What is a climate indicator?
A climate indicator presents a parameter which is followed for a long period of time. It can be for example mean temperature, the length of the vegetation period, global radiation and days with snow coverage.
Many of our climate indicators are presented as deviations from the reference norm period 1961-1990. This is not the latest norm period, but when it comes to long-term climate studies the international recommendation is to keep using 1961-1990 as a reference.
How are they used?
The climate indicators can be used as study material about how the climate is changing, or to explain phenomenon’s connected to climate change. They can also be used to make complex phenomenon clearer and in certain cases as a warning signal. The indicators can be used in a broader perspective such as comparisons with other countries indicators or climate analysis. Comparisons can also be made with the results from models which describe the climate system.
Statistics clearly shows that the climate is changing. On the respective climate indicator pages, we disclose the statistics and comment on the results. We will also explain how the climate indicator is defined and how it has been calculated.
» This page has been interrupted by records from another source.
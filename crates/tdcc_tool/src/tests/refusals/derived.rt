//! Texts with derived forms that are refused.

use super::{assert_parts_refused, assert_places};
use std::test::Fail;

#[test]
fn a_derived_form_that_is_not_whole_is_refused_where_it_stops(rt: HostRuntime) -> Result<(), Fail> {
    let rows = [
        ("always", 1),
        ("when a", 2),
        ("when a b", 2),
        ("when do a", 1),
        ("when a & do a", 3),
        ("do a", 2),
        ("do a on a", 2),
        ("do watching a", 1),
        ("do a watching", 3),
        ("do a || b watching a &", 7),
        ("time a watching a", 2),
        ("time a on", 3),
        ("watching", 0),
        ("on a", 0),
        ("a on b", 1),
        ("signal a; always", 4),
        ("signal on; skip", 1),
        ("signal a; always a a", 5),
    ];
    assert_places(&rt, rt.alloc(), "syntax at lexeme", &rows)
}

#[test]
fn a_constraint_of_a_watching_or_a_clock_is_outside_the_body(rt: HostRuntime) -> Result<(), Fail> {
    let rows = [
        ("signal a; do new signal b in b watching b", 10),
        ("signal a; time new signal b in b on b", 10),
        ("signal a; when b do new signal b in b", 4),
        ("signal a; when a do b", 6),
        ("signal a; always b", 4),
    ];
    assert_places(&rt, rt.alloc(), "unknown name at lexeme", &rows)
}

#[test]
fn names_in_a_body_differ_from_those_around_the_form(rt: HostRuntime) -> Result<(), Fail> {
    let rows = [
        ("signal a; always new signal a in a", 6),
        ("signal a; do new signal a in a watching a", 6),
        ("signal a; when a do new signal a in a", 8),
        ("signal a; time new signal a in a on a", 6),
    ];
    assert_places(&rt, rt.alloc(), "double name at lexeme", &rows)
}

#[test]
fn units_in_derived_forms_are_counted_as_all_others(rt: HostRuntime) -> Result<(), Fail> {
    let alloc = rt.alloc();
    // The declaration has three lexemes, and the unit behind 64 others the next place.
    let deep = [("signal a; ", 1), ("always ", 64), ("a", 1)];
    assert_parts_refused(&rt, alloc, &deep, "too deep at lexeme 67")?;
    let deep = [("signal a; ", 1), ("when a do ", 64), ("a", 1)];
    assert_parts_refused(&rt, alloc, &deep, "too deep at lexeme 195")?;
    let deep = [
        ("signal a; ", 1),
        ("do ", 64),
        ("a", 1),
        (" watching a", 64),
    ];
    assert_parts_refused(&rt, alloc, &deep, "too deep at lexeme 67")?;
    let deep = [("signal a; ", 1), ("time ", 64), ("a", 1), (" on a", 64)];
    assert_parts_refused(&rt, alloc, &deep, "too deep at lexeme 67")?;
    let large = [("signal a; ", 1), ("always ", 63), ("a", 1)];
    assert_parts_refused(&rt, alloc, &large, "over 4096 nodes")
}

#[test]
fn constraints_of_derived_forms_have_eight_tokens_at_most(rt: HostRuntime) -> Result<(), Fail> {
    let rows = [
        ("signal a; do a watching a&a&a&a&a&a&a&a&a", 22),
        ("signal a; time a on a&a&a&a&a&a&a&a&a", 22),
        ("signal a; when a&a&a&a&a&a&a&a&a do a", 20),
    ];
    assert_places(&rt, rt.alloc(), "too many tokens at lexeme", &rows)
}
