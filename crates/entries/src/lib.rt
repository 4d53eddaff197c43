// Entries: laid down with their value and name, and linked.
#![tactic(auto)]

ghost use Rattle.std.specs.Prelude.{◌≡◌, ◌+◌, ◌≤◌, ◌<◌, length};
ghost use Rattle.layout.specs.Layout.{header_size, used_field, entry_size, slot_size, Within, header_word};
ghost use Rattle.property_info.specs.Written.{short_stores};
ghost use Rattle.allocation.specs.View.{seen, placed_step};
ghost use Rattle.entries.specs.Entries.{lay_entry, long_entry, new_entry, add_entry};

use layout::{Entry, Header, Node, Refusal};

// Name and value are two arguments of the call, and stay two: a struct of both would be made here to be taken apart here.

// Makes a short entry where room was given.
#[tactic(auto, using(crate::proofs::Laws::store_laws), unfolding(allocation::specs::View::seen, crate::specs::Entries::lay_entry))]
fn new_short(area: &mut [u8], at: usize, name: &[u8], value: &[u8]) -> Result<usize, Refusal>
    requires { (Within area.old (entry_size + length name.now + 1) at) × (length value.now < slot_size) }
    ensures { placed_step result area.new ≡ seen (lay_entry area.old name.now at (short_stores at value.now)) }
{
    Entry::touch(area, at)?;
    property_info::init_with_value(area, at, value);
    words::put_text(area, Header::SIZE + at + Entry::SIZE, name);
    Ok(at)
}

// Makes a long entry where room was given: its value first, in room of its own.
#[tactic(auto, using(crate::proofs::Laws::store_laws), unfolding(allocation::specs::View::seen, crate::specs::Entries::long_entry, crate::specs::Entries::lay_entry))]
fn new_long(area: &mut [u8], at: usize, name: &[u8], value: &[u8]) -> Result<usize, Refusal>
    requires { (Within area.old (entry_size + length name.now + 1) at) × (at ≤ header_word area.old used_field) }
    ensures { placed_step result area.new ≡ seen (long_entry area.old name.now value.now at) }
{
    let far = allocation::allocate_obj(area, 0, value.len())?;
    words::put_text(area, Header::SIZE + far, value);
    Entry::touch(area, at)?;
    property_info::init_with_long_offset(area, at, (far - at) as u32);
    words::put_text(area, Header::SIZE + at + Entry::SIZE, name);
    Ok(at)
}

// A new entry of a name and a value, not linked yet. The area is lent to be written, so no type carries that it has a header.
#[tactic(auto, unfolding(allocation::specs::View::seen, crate::specs::Entries::new_entry))]
fn new_prop_info(area: &mut [u8], name: &[u8], value: &[u8]) -> Result<usize, Refusal>
    requires { header_size ≤ length area.old }
    ensures { placed_step result area.new ≡ seen (new_entry area.old name.now value.now) }
{
    let at = allocation::allocate_obj(area, Entry::SIZE, name.len())?;
    // 92 bytes are already long: the slot holds the value's zero too.
    if value.len() < Entry::VALUE_MAX {
        return new_short(area, at, name, value);
    }
    new_long(area, at, name, value)
}

// The entry of a name at its last node: there already, or laid down and linked.
#[tactic(auto, unfolding(allocation::specs::View::seen, crate::specs::Entries::add_entry, words::specs::Stores::run))]
pub fn add_entry(area: &mut [u8], node: usize, name: &[u8], value: &[u8]) -> Result<usize, Refusal>
    ensures { placed_step result area.new ≡ seen (add_entry area.old name.now value.now node) }
{
    let prop = Node::touch(area, node)?.prop() as usize;
    if prop != 0 {
        return Ok(prop);
    }
    let at = new_prop_info(area, name, value)?;
    words::put_word(area, Header::SIZE + (node + Node::PROP), at as u32);
    Ok(at)
}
How are the indicators developed?
It is important the the indicators used are homogenous. This means they should be uniform and comparable over time, and preferably also in space. Thus, the observations should be collected from the same places through out the whole time series. When it comes to climate indicators, there are many requirements when it comes to access to long series, as the change is a relatively slow process and the natural variation can be large. The data in SMHI’s climate indicators come from a large number of meteorological, hydrological and oceanographic stations across Sweden.